There are two approaches you could implement to make sure every sample gets used in each training epoch:

- Define your
`num_classes`

dynamically based on how many classes remain that still have untrained samples. For example, if you use a list of numpy arrays to store indexers for each class.

And then define num_batches to also be dynamic:

```
num_batches = 4 if (num_batches <= num_classes) else num_classes
```

But this method may result in overfitting to the final class(es) remaining. For instance, if the class with the most elements is getting the last 3-5 batches with just that class, you might find the model overfits to that class.

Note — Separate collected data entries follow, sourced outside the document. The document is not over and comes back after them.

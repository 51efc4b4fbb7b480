//! Several searches of one formula that share what they learn, in rounds (Hamadi, Jabbour and Sais, "ManySAT: a parallel SAT solver", 2009).
//!
//! - `SeatSearch` goes on with such searches until one has an answer, or all together have used up a budget. It can be asked for some rounds at a time.
//! - `ModelSearch` is another way to look for a model, which takes the job of a seat for a round.
//!
//! A seat is a search with its place among them. A round is a search of a tree whose leaves stand for the seats: the worker that takes a leaf's
//! job runs the seat of the leaf, and answers that the leaf is open. Rounds are counted in conflicts and each seat runs in each of them, so
//! what is found does not depend on how many workers there are. Nothing is proved of an answer but that it keeps to its budget.
#![tactic(auto)]

mod beside;
mod leaves;
mod round;
mod rounds;
mod seat;
mod seats;

pub use beside::ModelSearch;
pub use rounds::SeatSearch;
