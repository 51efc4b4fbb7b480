//! A round in which some seats look for a model in other ways.

use crate::round::{Round, leaf_of};
use dimacs::{Assignment, Lit};
use proof_log::{Answer, CubeSolver, SharingLearner};
use std::alloc::{AllocError, Global};
use std::sync::Mutex;

/// Ways to look for a model that take no conflict. Nothing is promised of what they find.
pub trait ModelSearch {
    /// The number of ways.
    fn ways(&self) -> usize;

    /// The number of rounds whose conflicts a seat has in about the time of a look.
    fn rounds(&self) -> u64;

    /// Looks for a model in the way of this number, from 0.
    fn look(&self, alloc: Global, way: usize) -> Result<Option<Assignment>, AllocError>;
}

/// A round, of which the job of each of the first seats looks for a model in one of these ways.
#[derive(Drop)]
pub(crate) struct RoundBeside<'a, S, M> {
    round: &'a Round<S>,
    models: M,
    /// What was found, by the number of the way.
    found: Vec<Mutex<Option<Assignment>>>,
}

impl<'a, S: SharingLearner + Drop, M: ModelSearch + Drop> RoundBeside<'a, S, M> {
    pub(crate) fn new(
        alloc: Global,
        round: &'a Round<S>,
        models: M,
    ) -> Result<RoundBeside<'a, S, M>, AllocError> {
        let mut found = Vec::new(alloc);
        for _ in 0..models.ways() {
            found.push(Mutex::new(None))?;
        }
        Ok(RoundBeside {
            round,
            models,
            found,
        })
    }

    /// Returns the model of the first way that has found one, once the jobs have ended. There were this many leaves: a way without one is tried now.
    pub(crate) fn model(
        &mut self,
        alloc: Global,
        leaves: usize,
    ) -> Result<Option<Assignment>, AllocError> {
        for slot in self.found.iter_mut() {
            let model = slot.get_mut().take();
            if model.is_some() {
                return Ok(model);
            }
        }
        for way in leaves..self.models.ways() {
            let model = self.models.look(alloc, way)?;
            if model.is_some() {
                return Ok(model);
            }
        }
        Ok(None)
    }
}

impl<S: SharingLearner + Drop, M: ModelSearch + Drop> CubeSolver for RoundBeside<'_, S, M> {
    fn solve(&self, alloc: Global, cube: &[Lit], budget: u64) -> Result<Answer, AllocError> {
        let way = leaf_of(cube);
        let Some(slot) = self.found.get(way) else {
            return self.round.solve(alloc, cube, budget);
        };
        // The seat takes in what the others gave, which they give once.
        self.round.run_seat(way, 0);
        // A leaf is dealt once, so its slot is free.
        if let Some(mut guard) = slot.try_lock() {
            *guard = self.models.look(alloc, way)?;
        }
        Ok(Answer::Open)
    }

    fn take_conflicts(&self) -> u64 {
        self.round.take_conflicts()
    }
}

- Keep cycling each class independently, while randomly sampling with full batchsize until all classes have completed at least one cycle. You could maintain a list of number of elements in each class and just subtract 1 each time a class is chosen. Then break training for that epoch when that condition is met.

```
num_elements_per_class = np.array([3, 6, 6, 11, 14, ... 20])
vect = torch.rand(num_classes)
vect_topk=vect.topk(num_batches)[1].numpy()
#deduct from classes sampled
num_elements_per_class[vect_topk] -= 1
```

And then your per epoch training loop might look like:

```
#break training if all sampled
while True:
#training tasks go here
if not np.any(dataloader.num_elements_per_class>0):
break
```

The second approach would be ideal to limit class overfitting. But you’d probably need to build your own custom dataloader as the vanilla Pytorch dataloader requires a `__len__`

.

Basically, you just need to index where your classes are in the dataset, and maintain a list of those indices, plus a list of those indices but shuffled. Something like the following might work, but you may need to debug it since I wrote it on my phone and haven’t checked:

```
#get list of indices for each class
def list_class_indices(labels):
return [np.where(labels==x)[0] for x in range(num_classes)]
#shuffle list of indices
rng = np.random.default_rng()
def shuffle_indices(indices_list):
return [rng.shuffle(x) for x in indices_list]
```

Maintain a list of `indices_counter`

and `total_indices`

:

```
def init_indices_counter(class_indices):
return np.zeros(len(class_indices)), np.array([len(x) for x in class_indices])
```

An update function for `indices_counter`

:

```
def update_indices_counter(indices_counter, total_indices, vect_topk):
indices_counter[vect_topk]+=1
condition = indices_counter==total_indices
#reset counter where cycle completed
indices_counter[condition]=0
return indices_counter
```

And then a `get_batch`

function:

```
def get_batch(data, labels, shuffled_indices, vect_topk, indices_counter, total_indices, num_elements_per_class):
indices = [x[y] for x, y in zip(shuffled_indices[vect_topk], indices_counter[vect_topk])]
indices_counter = update_indices_counter(indices_counter, total_indices, vect_topk)
#update num_elements_per_class
num_elements_per_class[vect_topk] -= 1
return data[indices], labels[indices]
```

And you will likely need a reset function between training epochs to shuffle indices and to reset the indices_counter and num_elements_per_class.

The above are independent definitions, but you could probably clean it up quite a bit with a class function.